_TASK TO COMPLETE_
Only lines containing "CArray" belong in the answer, each copied from the entries below.

_DATASET CONTENT_
- Opening Delimiter -
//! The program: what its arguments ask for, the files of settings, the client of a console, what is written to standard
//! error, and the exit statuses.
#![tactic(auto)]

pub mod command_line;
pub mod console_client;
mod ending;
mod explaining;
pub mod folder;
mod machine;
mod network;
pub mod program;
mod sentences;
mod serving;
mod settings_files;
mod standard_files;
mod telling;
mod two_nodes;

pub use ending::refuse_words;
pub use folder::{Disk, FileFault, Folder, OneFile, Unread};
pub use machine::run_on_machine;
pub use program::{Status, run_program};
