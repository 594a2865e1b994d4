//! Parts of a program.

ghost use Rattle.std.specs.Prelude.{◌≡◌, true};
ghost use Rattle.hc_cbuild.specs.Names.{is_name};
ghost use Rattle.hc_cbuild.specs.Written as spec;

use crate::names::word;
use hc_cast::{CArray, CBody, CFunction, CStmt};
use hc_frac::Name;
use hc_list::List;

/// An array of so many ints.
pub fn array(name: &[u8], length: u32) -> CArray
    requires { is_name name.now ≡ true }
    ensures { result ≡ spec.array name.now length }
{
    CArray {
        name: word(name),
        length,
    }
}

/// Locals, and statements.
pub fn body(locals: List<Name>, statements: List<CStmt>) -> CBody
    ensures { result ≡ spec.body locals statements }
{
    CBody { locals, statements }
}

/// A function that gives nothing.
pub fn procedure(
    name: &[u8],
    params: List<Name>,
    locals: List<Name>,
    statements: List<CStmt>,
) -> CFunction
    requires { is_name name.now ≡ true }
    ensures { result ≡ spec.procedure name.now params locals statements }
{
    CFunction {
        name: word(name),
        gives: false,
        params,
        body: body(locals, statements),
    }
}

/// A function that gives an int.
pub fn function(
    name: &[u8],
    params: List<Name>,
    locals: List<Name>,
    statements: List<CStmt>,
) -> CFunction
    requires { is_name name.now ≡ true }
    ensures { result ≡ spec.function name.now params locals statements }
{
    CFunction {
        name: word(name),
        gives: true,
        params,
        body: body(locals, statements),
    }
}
- Closing Delimiter -
_OUTPUT FOR THIS EXERCISE_
use hc_cast::{CArray, CBody, CFunction, CStmt};
pub fn array(name: &[u8], length: u32) -> CArray
    CArray {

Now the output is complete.